Sparx Hockey
- Company type: Private
- Industry: Sporting goods, manufacturing
- Founded: 2013; 13 years ago
- Founder: Russell Layton
- Headquarters: Acton, Massachusetts, U.S.
- Subsidiaries: BladeScan (acquired 2022)
- Website: www.sparxhockey.com

= Sparx Hockey =

American company that develops and manufactures skate sharpening equipment

Sparx Hockey is an American company that develops and manufactures skate sharpening equipment for ice hockey, figure skating, and sled hockey. It was founded in 2013 and is based in Acton, Massachusetts.

== History ==
Russell Layton founded Sparx Hockey in 2013. The company introduced its first consumer product, the Sparx Skate Sharpener, in 2016 following a 2015 crowdfunding campaign.

In 2018, the company partnered with former Toronto Maple Leafs goaltender Garret Sparks. Private equity firm North Castle Partners invested in Sparx Hockey in 2020. During the COVID-19 pandemic, Sparx repurposed part of its facilities to produce face shields for healthcare workers.

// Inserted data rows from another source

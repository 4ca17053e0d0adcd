//! Lines that the simulator prints.

ghost use Rattle.std.specs.Prelude.{◌≡◌, ◌++◌, OnOk, OnErr, codes};
ghost use Rattle.std.specs.String.{string_bytes};
ghost use Rattle.session_model.specs.Texts.{text_of};
ghost use Rattle.session_model.specs.Trace.{happening};
ghost use Rattle.view.specs.View.{place_of};
ghost use Rattle.line_fields.specs.Texts.{is_plain, escape};
ghost use Rattle.session.specs.Printed.{escaped, line, number_of_reason, gone_line, effect_line, text_line, done_line};
ghost use Rattle.session.specs.Printed.{reply_line, cell_text, row_line, cursor_line, view_lines};

use cells::{Cell, Marks};
use session_model::{Bytes, Done, Effect, Event, Peer, Reason, Refusal, Reply};
use std::alloc::AllocError;
use view::{Cursor, View};

/// Appends the line of an effect. After an `Err` nothing has changed.
pub fn print_effect(effect: &Effect, out: &mut String) -> Result<(), AllocError>
    ensures ok { OnOk result (string_bytes out.new
        ≡ string_bytes out.old ++ effect_line effect.now) }
    ensures err { OnErr result (string_bytes out.new ≡ string_bytes out.old) }
{
    let mut made = String::new(*out.allocator());
    push_effect(effect, &mut made)?;
    out.push_str(&made)
}

/// Appends the line of an event's reply. After an `Err` nothing has changed.
pub fn print_reply(event: &Event, reply: &Reply, out: &mut String) -> Result<(), AllocError>
    ensures ok { OnOk result (string_bytes out.new
        ≡ string_bytes out.old ++ reply_line (happening event.now) reply.now) }
    ensures err { OnErr result (string_bytes out.new ≡ string_bytes out.old) }
{
    let mut made = String::new(*out.allocator());
    push_reply(event, reply, &mut made)?;
    out.push_str(&made)
}

/// Appends the rows of a client's view, without renditions, and its cursor. After an `Err` nothing
/// has changed.
pub fn print_view(client: u32, view: &View, out: &mut String) -> Result<(), AllocError>
    ensures ok { OnOk result (string_bytes out.new
        ≡ string_bytes out.old ++ view_lines client view.now) }
    ensures err { OnErr result (string_bytes out.new ≡ string_bytes out.old) }
{
    let mut made = String::new(*out.allocator());
    push_view(client, view, &mut made)?;
    out.push_str(&made)
}

/// Appends the line of an effect.
fn push_effect(effect: &Effect, out: &mut String) -> Result<(), AllocError>
    ensures { OnOk result (string_bytes out.new ≡ string_bytes out.old ++ effect_line effect.now) }
{
    match effect {
        Effect::Input(window, bytes) => {
            write!(out, "input {window} ")?;
            push_text(bytes.as_slice(), out)
        }
        Effect::Deliver(client, bytes) => {
            write!(out, "deliver {client} ")?;
            push_text(bytes.as_slice(), out)
        }
        Effect::Say(client, bytes) => {
            write!(out, "say {client} ")?;
            push_text(bytes.as_slice(), out)
        }
        Effect::Size(window, rows, columns) => writeln!(out, "size {window} {rows} {columns}"),
        Effect::Gone(peer, why) => match peer {
            Peer::Window(window) => push_gone("window", *window, *why, out),
            Peer::Client(client) => push_gone("client", *client, *why, out),
        },
    }
}

/// Appends the line of a peer that goes.
fn push_gone(peer: &str, serial: u32, why: Reason, out: &mut String) -> Result<(), AllocError>
    ensures { OnOk result (string_bytes out.new
        ≡ string_bytes out.old ++ gone_line peer.now serial why) }
{
    let number = number_of_reason(why);
    writeln!(out, "gone {peer} {serial} {number}")
}

/// The number of a reason, 0 to 4.
fn number_of_reason(why: Reason) -> u8
    ensures { result ≡ number_of_reason why }
{
    match why {
        Reason::Detached => 0,
        Reason::Removed => 1,
        Reason::SingleUser => 2,
        Reason::Killed => 3,
        Reason::Quit => 4,
    }
}

/// Appends the line of an event's reply.
fn push_reply(event: &Event, reply: &Reply, out: &mut String) -> Result<(), AllocError>
    ensures { OnOk result (string_bytes out.new
        ≡ string_bytes out.old ++ reply_line (happening event.now) reply.now) }
{
    match reply {
        Ok(done) => push_done(event, done, out),
        Err(refusal) => push_refusal(refusal, out),
    }
}

/// Appends the line of a refusal.
fn push_refusal(refusal: &Refusal, out: &mut String) -> Result<(), AllocError>
    ensures { OnOk result (string_bytes out.new
        ≡ string_bytes out.old ++ line (codes "refused " ++ escaped (text_of refusal.now))) }
{
    let mut text = Vec::new(*out.allocator());
    refusal.text(&mut text)?;
    out.push_str("refused ")?;
    push_text(&text, out)
}

/// Appends the line of what was done for an event.
fn push_done(event: &Event, done: &Done, out: &mut String) -> Result<(), AllocError>
    ensures { OnOk result (string_bytes out.new
        ≡ string_bytes out.old ++ done_line (happening event.now) done.now) }
{
    let made = done.made;
    let number = done.number;
    match event {
        Event::Attach { .. } => writeln!(out, "attached {made}"),
        Event::Open { .. } => writeln!(out, "opened {made} {number}"),
        _ => push_listed(&done.text, out),
    }
}

/// Appends the line of what a command lists, if it lists something.
fn push_listed(text: &Option<Bytes>, out: &mut String) -> Result<(), AllocError>
    ensures { OnOk result (string_bytes out.new ≡ string_bytes out.old ++ text_line text.now) }
{
    match text {
        None => out.push_str("ok\n"),
        Some(text) => {
            out.push_str("text ")?;
            push_text(text.as_slice(), out)
        }
    }
}

/// Appends a text, escaped, and the line's end.
fn push_text(bytes: &[u8], out: &mut String) -> Result<(), AllocError>
    ensures { OnOk result (string_bytes out.new
        ≡ string_bytes out.old ++ line (escaped bytes.now)) }
{
    for byte in bytes {
        push_byte(*byte, out)?;
    }
    out.push('\n')
}

/// Whether a byte stands for itself: 20 to 7E do, except the backslash.
fn is_plain(byte: u8) -> bool
    ensures { result ≡ is_plain 0x20 byte }
{
    (0x20..0x7F).contains(&byte) && byte != b'\\'
}

/// Appends a byte as itself, or as a backslash and two hexadecimal digits.
fn push_byte(byte: u8, out: &mut String) -> Result<(), AllocError>
    ensures { OnOk result (string_bytes out.new ≡ string_bytes out.old ++ escape 0x20 byte) }
{
    if is_plain(byte) {
        return out.push(char::from(byte));
    }
    write!(out, "\\{byte:02x}")
}

/// Appends the rows of a client's view, and its cursor.
fn push_view(client: u32, view: &View, out: &mut String) -> Result<(), AllocError>
    ensures { OnOk result (string_bytes out.new
        ≡ string_bytes out.old ++ view_lines client view.now) }
{
    writeln!(out, "client {client}")?;
    'rows: for line in 0..view.rows() {
        push_row(view.row(line), out)?;
    }
    push_cursor(view.cursor(), out)
}

/// Appends a row's cells between bars.
fn push_row(row: &[Cell], out: &mut String) -> Result<(), AllocError>
    ensures { OnOk result (string_bytes out.new ≡ string_bytes out.old ++ row_line row.now) }
{
    out.push('|')?;
    for cell in row {
        push_cell(cell, out)?;
    }
    out.push_str("|\n")
}

/// Appends a cell's character with its marks. The right half of a wide character adds nothing.
fn push_cell(cell: &Cell, out: &mut String) -> Result<(), AllocError>
    ensures { OnOk result (string_bytes out.new ≡ string_bytes out.old ++ cell_text cell.now) }
{
    if cell.is_right() {
        return Ok(());
    }
    out.push(cell.character)?;
    match cell.marks() {
        Marks::Bare => Ok(()),
        Marks::One(mark) => out.push(mark),
        Marks::Two(first, second) => {
            out.push(first)?;
            out.push(second)
        }
    }
}

/// Appends the line of a cursor, whose line and column are counted from 1.
fn push_cursor(cursor: Cursor, out: &mut String) -> Result<(), AllocError>
    ensures { OnOk result (string_bytes out.new
        ≡ string_bytes out.old ++ cursor_line (place_of cursor)) }
{
    match cursor {
        Cursor::Hidden => out.push_str("cursor hidden\n"),
        Cursor::At { line, column } => {
            let line = u32::from(line) + 1;
            let column = u32::from(column) + 1;
            writeln!(out, "cursor {line} {column}")
        }
    }
}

The company acquired BladeScan, a blade measurement technology firm, in 2022. Its sharpeners have been adopted by hockey programs such as Shattuck-St. Mary’s. In 2023, U.S. Women’s National Team player Taylor Heise donated a Sparx Sharpener to her local hockey program.

In 2024, Sparx Hockey was named the official skate sharpening provider for the Quebec International Pee-Wee Hockey Tournament, and in 2026 for the Minnesota State High School League and its state hockey championships, The Tourney.

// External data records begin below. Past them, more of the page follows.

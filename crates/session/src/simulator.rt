//! The simulator: plays a script of events over a session.

ghost use Rattle.std.specs.Prelude.{◌≡◌, ℕ, Bool, List, map};
ghost use Rattle.std.specs.String.{string_bytes};
ghost use Rattle.acl.specs.declared.leaders.Edition.{Edition as Groups};
ghost use Rattle.acl.specs.declared.user_id.UserId.{UserId as Owner};
ghost use Rattle.clap.specs.Words.{kind_of};
ghost use Rattle.session.specs.Words.{Asks, MayHave, Simulates};

use crate::player::{Fault, play};
use crate::setup_file::{Beginning, SetupUnread, Unbegun, setup_of};
use crate::words::{edition_of, owner_of, read_words};
use clap::error::ErrorKind;
use clap::{ArgMatches, Error};
use program_words::{RefusedLine, SetupFault, SetupLine, read_setup};
use std::alloc::Global;
use std::fs::Files;
use std::io::{Read, Write};
use std::str;

/// What the simulator is asked for.
#[derive(Clone, Copy, Debug)]
pub struct SimulatorArgs<'a> {
    /// The program's name and its arguments.
    pub words: &'a [String],
    /// The contents of the file that they name after `--setup`. Empty if they name none.
    pub setup: &'a [u8],
}

/// Plays the script of the reader, one event a line, and writes its effects and answers. First the
/// owner gives the commands of the file that the arguments name after `--setup`. Returns the exit
/// status: 0; 1 for a line that is no event, a setup that can't be read or has a refused line, or
/// another fault; 2 for invalid arguments, or if the owner isn't a valid name.
pub fn simulate<H, R, W, E>(
    rt: &H,
    words: &[String],
    reader: R,
    writer: &mut W,
    errors: &mut E,
) -> u8
where
    H: Files + AllocGlobal,
    R: Read + Drop,
    W: Write,
    E: Write,
    // If the arguments are valid, the whole script was played after the commands of the setup, or the
    // status is that of a fault.
    ensures { (groups : Groups) (name : Owner) (shows : Bool)
        → Asks (map string_bytes words.entry.now) groups name shows
        → (setup : List ℕ) × MayHave (map string_bytes words.entry.now) setup
        × Simulates groups name shows setup (R.remaining reader) result
        (W.contents writer.old) (W.contents writer.new) }
{
    match setup_of(rt, words) {
        Ok(setup) => {
            let asked = SimulatorArgs {
                words,
                setup: setup.as_slice(),
            };
            simulate_behind(rt.alloc(), asked, reader, writer, errors)
        }
        Err(fault) => report_unread(&fault, errors),
    }
}

/// Plays a script after the commands of a setup that has been read. Returns the exit status.
pub fn simulate_behind<R: Read + Drop, W: Write, E: Write>(
    alloc: Global,
    asked: SimulatorArgs,
    reader: R,
    writer: &mut W,
    errors: &mut E,
) -> u8
    // If the arguments are valid, the whole script was played, or the status is that of a fault.
    ensures { (groups : Groups) (name : Owner) (shows : Bool)
        → Asks (map string_bytes asked.entry.words.now) groups name shows
        → Simulates groups name shows asked.entry.setup.now (R.remaining reader) result
        (W.contents writer.old) (W.contents writer.new) }
{
    let matches = match read_words(alloc, asked.words) {
        Ok(matches) => matches,
        Err(error) => return tell(&error, writer, errors),
    };
    let Some(owner) = owner_of(&matches) else {
        return report_owner(&matches, errors);
    };
    let file = matches.get_str("setup").unwrap_or("");
    let setup = match read_setup(alloc, asked.setup) {
        Ok(setup) => setup,
        Err(fault) => return report_setup(file, &fault, errors),
    };
    let beginning = Beginning {
        edition: edition_of(&matches),
        owner,
        setup: &setup,
    };
    let session = match beginning.session(alloc) {
        Ok(session) => session,
        Err(fault) => return report_unbegun(file, &setup, &fault, errors),
    };
    let shows = matches.get_flag("show");
    match play(alloc, session, shows, reader, writer) {
        Ok(()) => 0,
        Err(fault) => report(&fault, errors),
    }
}

/// Writes that the owner isn't a valid name, and returns the exit status.
fn report_owner<E: Write>(matches: &ArgMatches, errors: &mut E) -> u8
    ensures { result ≡ 2 }
{
    let owner = matches.get_str("owner").unwrap_or("");
    let _ = writeln!(
        errors,
        "muxsim: invalid owner: {owner}: a name has 1 to 20 of a-z, 0-9 and _, and begins with a letter"
    );
    2
}

/// The text of the line of a setup that has this number.
fn line_of<'a>(setup: &[SetupLine<'a>], number: usize) -> &'a str {
    match setup.iter().find(|line| line.number == number) {
        Some(line) => line.text,
        None => "",
    }
}

/// Writes why a session doesn't begin, and returns the exit status.
fn report_unbegun<E: Write>(file: &str, setup: &[SetupLine], fault: &Unbegun, errors: &mut E) -> u8
    ensures { result ≡ 1 }
{
    let Unbegun::Refused(number, said) = fault else {
        return report(&Fault::NoMemory, errors);
    };
    let line = RefusedLine {
        number: *number,
        line: line_of(setup, *number),
        said: str::from_utf8(said).unwrap_or(""),
    };
    let _ = writeln!(errors, "muxsim: setup {file}: {line}");
    1
}

/// Writes why a setup can't be read, and returns the exit status.
fn report_unread<E: Write>(fault: &SetupUnread, errors: &mut E) -> u8
    ensures { result ≡ 1 }
{
    let _ = writeln!(errors, "muxsim: {fault}");
    1
}

/// Writes why a file is no setup, and returns the exit status.
fn report_setup<E: Write>(file: &str, fault: &SetupFault, errors: &mut E) -> u8
    ensures { result ≡ 1 }
{
    let _ = writeln!(errors, "muxsim: setup {file}: {fault}");
    1
}

/// Writes why a script ended early, and returns the exit status.
fn report<E: Write>(fault: &Fault, errors: &mut E) -> u8
    ensures { result ≡ 1 }
{
    let _ = writeln!(errors, "muxsim: {fault}");
    1
}

/// Writes the help, and returns 0; or writes what is wrong with the arguments, and returns 2, or 1 if
/// memory ran out.
fn tell<W: Write, E: Write>(error: &Error, writer: &mut W, errors: &mut E) -> u8
    ensures { kind_of error.now ≡ ErrorKind.OutOfMemory → result ≡ 1 }
{
    if let ErrorKind::OutOfMemory = error.kind() {
        return report(&Fault::NoMemory, errors);
    }
    if error.use_stderr() {
        let _ = write!(errors, "{error}");
        return 2;
    }
    match write!(writer, "{error}") {
        Ok(()) => 0,
        Err(_) => 1,
    }
}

In 2026, Sparx Hockey presented at Dassault Systèmes’ 3DEXPERIENCE World conference in Houston.

== Products ==
The company produces automated skate sharpening machines, including the Sparx Sharpener. The system uses interchangeable grinding rings to produce different hollows and automates blade alignment and sharpening.

== Recognition ==

- 2016: Good Design Award from the Chicago Athenaeum Museum of Architecture and Design.
- 2019: Ranked No. 56 on Inc. 500’s list of the 500 fastest-growing U.S. companies.
- 2020: Included on the Inc. 5000 list.
- 2025: Good Design Award from the Chicago Athenaeum Museum of Architecture and Design and the European Centre for Architecture, Art, Design and Urban Studies.
- 2026: iF Design Award for Sparx Sharpener 3 and Sparx BEAM.